→ Instructions to follow
After finding the line with "to one event." in the data below, set down exactly each line through the one with "let (seat, cards)", inclusive, and stop there.

Stored data:
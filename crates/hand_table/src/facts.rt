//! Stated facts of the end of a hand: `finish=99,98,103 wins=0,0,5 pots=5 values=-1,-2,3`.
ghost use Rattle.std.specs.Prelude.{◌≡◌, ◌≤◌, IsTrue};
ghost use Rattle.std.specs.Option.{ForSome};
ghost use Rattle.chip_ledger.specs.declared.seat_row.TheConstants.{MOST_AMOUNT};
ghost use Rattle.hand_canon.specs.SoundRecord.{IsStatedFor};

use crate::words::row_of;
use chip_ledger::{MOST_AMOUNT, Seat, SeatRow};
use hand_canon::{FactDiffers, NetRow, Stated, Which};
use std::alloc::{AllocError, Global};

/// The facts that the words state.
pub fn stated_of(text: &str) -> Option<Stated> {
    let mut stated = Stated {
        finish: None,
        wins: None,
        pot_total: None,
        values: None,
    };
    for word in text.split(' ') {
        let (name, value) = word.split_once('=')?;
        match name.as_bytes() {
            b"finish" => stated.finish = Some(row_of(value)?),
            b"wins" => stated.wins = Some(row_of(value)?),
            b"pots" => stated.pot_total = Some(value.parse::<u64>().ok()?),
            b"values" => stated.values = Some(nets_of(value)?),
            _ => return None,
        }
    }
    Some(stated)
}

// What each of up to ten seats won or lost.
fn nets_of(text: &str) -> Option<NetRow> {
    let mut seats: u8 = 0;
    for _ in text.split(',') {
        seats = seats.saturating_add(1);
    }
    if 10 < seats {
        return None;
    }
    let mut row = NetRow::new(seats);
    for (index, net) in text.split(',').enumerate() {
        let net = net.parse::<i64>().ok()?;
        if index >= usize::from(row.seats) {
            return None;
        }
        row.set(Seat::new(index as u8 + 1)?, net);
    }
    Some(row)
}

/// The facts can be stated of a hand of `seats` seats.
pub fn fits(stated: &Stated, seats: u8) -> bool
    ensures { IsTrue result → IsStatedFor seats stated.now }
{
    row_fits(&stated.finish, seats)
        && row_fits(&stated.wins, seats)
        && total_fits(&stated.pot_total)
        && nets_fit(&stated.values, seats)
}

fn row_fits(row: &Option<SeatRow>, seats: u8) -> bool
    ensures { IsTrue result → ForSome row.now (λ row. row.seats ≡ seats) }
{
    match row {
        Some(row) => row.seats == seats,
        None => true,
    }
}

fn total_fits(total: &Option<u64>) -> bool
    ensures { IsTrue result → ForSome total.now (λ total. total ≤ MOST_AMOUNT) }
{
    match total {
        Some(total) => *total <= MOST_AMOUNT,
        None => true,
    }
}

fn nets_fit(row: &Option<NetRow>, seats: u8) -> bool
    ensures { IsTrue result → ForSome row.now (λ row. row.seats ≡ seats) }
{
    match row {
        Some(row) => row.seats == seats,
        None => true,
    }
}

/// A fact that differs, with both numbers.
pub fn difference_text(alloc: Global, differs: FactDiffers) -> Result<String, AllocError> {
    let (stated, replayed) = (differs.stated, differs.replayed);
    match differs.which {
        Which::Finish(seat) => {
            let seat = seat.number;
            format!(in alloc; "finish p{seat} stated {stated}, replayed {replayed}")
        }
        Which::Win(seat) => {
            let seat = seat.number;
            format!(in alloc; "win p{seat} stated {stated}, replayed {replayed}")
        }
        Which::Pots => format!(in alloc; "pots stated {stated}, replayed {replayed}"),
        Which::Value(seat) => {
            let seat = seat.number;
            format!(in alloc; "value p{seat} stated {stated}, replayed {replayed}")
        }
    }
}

--

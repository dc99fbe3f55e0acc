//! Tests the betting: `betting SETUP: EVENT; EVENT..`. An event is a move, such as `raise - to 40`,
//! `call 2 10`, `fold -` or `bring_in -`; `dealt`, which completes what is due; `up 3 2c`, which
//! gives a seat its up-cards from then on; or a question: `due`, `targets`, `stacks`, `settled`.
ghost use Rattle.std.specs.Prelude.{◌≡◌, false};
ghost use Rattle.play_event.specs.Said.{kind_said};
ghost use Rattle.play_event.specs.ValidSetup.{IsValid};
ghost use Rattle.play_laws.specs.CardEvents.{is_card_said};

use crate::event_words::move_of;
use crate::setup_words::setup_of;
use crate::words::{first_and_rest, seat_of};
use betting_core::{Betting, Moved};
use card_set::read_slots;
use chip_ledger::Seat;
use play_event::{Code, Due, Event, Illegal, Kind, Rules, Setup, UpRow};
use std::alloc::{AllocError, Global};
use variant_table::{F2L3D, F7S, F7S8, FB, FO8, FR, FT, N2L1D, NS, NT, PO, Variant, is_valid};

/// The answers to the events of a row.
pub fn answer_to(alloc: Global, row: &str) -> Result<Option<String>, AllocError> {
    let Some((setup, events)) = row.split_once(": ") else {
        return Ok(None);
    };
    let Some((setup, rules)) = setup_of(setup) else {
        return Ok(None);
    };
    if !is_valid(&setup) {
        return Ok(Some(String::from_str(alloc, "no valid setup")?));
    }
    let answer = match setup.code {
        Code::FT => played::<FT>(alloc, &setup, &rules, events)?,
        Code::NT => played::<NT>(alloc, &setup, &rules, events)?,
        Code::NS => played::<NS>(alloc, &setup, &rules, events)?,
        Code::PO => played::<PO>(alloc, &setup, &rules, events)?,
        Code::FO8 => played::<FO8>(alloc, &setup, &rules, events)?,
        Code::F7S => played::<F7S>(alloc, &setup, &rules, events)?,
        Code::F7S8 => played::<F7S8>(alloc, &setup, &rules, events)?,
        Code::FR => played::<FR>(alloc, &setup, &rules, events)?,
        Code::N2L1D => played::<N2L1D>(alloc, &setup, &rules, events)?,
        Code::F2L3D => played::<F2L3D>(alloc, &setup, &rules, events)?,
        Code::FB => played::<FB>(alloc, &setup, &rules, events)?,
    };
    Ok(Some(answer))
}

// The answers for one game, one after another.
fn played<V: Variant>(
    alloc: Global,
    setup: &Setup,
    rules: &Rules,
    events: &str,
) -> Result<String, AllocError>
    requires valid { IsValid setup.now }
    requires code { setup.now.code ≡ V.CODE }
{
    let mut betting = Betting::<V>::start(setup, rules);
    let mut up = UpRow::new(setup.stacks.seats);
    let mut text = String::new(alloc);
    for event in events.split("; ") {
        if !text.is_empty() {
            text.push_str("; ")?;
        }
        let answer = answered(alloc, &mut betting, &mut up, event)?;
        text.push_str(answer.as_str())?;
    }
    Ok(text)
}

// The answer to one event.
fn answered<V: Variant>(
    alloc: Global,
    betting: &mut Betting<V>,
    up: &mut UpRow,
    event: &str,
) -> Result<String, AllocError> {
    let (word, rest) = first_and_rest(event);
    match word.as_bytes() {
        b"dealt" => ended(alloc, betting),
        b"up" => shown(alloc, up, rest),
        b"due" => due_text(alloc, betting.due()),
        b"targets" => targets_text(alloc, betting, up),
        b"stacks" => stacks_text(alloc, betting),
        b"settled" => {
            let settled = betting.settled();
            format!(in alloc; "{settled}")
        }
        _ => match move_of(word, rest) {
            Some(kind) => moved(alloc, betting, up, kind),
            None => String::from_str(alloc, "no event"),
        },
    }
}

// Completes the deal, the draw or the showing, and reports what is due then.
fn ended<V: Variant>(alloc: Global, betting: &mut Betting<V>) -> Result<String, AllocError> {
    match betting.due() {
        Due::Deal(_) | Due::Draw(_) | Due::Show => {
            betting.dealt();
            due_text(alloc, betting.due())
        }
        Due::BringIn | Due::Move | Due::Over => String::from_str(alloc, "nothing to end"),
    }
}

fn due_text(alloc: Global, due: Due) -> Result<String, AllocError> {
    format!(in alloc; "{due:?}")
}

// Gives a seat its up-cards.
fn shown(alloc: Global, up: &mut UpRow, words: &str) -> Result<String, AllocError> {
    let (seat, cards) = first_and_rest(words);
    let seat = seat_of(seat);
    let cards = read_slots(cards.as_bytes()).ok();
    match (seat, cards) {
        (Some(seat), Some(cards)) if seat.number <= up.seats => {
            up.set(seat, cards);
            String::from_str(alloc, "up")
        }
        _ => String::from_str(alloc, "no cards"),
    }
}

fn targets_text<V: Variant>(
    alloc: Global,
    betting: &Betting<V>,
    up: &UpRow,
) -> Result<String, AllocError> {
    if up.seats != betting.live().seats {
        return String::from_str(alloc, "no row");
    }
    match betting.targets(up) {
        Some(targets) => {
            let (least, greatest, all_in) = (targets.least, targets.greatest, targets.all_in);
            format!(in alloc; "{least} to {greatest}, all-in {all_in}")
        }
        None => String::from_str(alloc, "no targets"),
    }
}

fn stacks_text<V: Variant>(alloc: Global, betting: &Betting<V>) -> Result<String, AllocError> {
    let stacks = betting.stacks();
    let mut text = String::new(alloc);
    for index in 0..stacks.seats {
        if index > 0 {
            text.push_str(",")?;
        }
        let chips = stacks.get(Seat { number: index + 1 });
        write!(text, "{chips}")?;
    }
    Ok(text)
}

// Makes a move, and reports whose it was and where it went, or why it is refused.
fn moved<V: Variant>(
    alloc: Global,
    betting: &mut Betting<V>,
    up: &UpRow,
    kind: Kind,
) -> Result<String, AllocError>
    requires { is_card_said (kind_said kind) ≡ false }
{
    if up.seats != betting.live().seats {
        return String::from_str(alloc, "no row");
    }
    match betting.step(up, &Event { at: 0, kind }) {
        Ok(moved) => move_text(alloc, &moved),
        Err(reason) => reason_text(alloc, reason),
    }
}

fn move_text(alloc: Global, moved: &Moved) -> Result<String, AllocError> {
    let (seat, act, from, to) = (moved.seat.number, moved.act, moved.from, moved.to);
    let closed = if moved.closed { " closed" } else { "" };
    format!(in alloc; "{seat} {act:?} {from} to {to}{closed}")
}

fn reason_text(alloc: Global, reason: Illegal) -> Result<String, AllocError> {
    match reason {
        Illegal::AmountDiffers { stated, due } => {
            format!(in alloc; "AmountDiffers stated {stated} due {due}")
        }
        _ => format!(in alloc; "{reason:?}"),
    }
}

* * *

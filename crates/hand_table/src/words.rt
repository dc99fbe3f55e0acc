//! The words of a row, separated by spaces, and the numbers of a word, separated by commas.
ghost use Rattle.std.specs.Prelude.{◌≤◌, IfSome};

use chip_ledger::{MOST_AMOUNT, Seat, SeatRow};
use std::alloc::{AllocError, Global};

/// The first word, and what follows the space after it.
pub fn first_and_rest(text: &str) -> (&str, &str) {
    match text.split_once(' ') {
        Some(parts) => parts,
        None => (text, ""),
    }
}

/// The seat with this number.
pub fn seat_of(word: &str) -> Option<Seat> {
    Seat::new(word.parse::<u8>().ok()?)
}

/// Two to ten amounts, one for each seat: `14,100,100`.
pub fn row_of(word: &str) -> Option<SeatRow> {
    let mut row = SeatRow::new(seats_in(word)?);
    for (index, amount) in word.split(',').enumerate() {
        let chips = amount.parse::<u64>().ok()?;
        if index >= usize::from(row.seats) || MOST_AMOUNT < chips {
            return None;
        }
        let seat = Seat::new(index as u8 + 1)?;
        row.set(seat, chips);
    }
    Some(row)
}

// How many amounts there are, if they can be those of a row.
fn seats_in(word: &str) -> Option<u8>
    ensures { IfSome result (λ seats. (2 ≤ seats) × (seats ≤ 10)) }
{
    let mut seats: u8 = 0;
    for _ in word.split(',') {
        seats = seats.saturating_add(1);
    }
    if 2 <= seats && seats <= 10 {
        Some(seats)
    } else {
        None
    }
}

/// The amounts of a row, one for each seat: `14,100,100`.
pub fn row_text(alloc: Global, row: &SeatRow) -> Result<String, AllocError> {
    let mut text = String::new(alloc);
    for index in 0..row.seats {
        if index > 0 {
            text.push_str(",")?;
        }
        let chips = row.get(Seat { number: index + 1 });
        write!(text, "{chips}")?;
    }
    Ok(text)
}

→ Problem solution
// The answer to one event.
fn answered<V: Variant>(
    alloc: Global,
    betting: &mut Betting<V>,
    up: &mut UpRow,
    event: &str,
) -> Result<String, AllocError> {
    let (word, rest) = first_and_rest(event);
    match word.as_bytes() {
        b"dealt" => ended(alloc, betting),
        b"up" => shown(alloc, up, rest),
        b"due" => due_text(alloc, betting.due()),
        b"targets" => targets_text(alloc, betting, up),
        b"stacks" => stacks_text(alloc, betting),
        b"settled" => {
            let settled = betting.settled();
            format!(in alloc; "{settled}")
        }
        _ => match move_of(word, rest) {
            Some(kind) => moved(alloc, betting, up, kind),
            None => String::from_str(alloc, "no event"),
        },
    }
}

// Completes the deal, the draw or the showing, and reports what is due then.
fn ended<V: Variant>(alloc: Global, betting: &mut Betting<V>) -> Result<String, AllocError> {
    match betting.due() {
        Due::Deal(_) | Due::Draw(_) | Due::Show => {
            betting.dealt();
            due_text(alloc, betting.due())
        }
        Due::BringIn | Due::Move | Due::Over => String::from_str(alloc, "nothing to end"),
    }
}

fn due_text(alloc: Global, due: Due) -> Result<String, AllocError> {
    format!(in alloc; "{due:?}")
}

// Gives a seat its up-cards.
fn shown(alloc: Global, up: &mut UpRow, words: &str) -> Result<String, AllocError> {
    let (seat, cards) = first_and_rest(words);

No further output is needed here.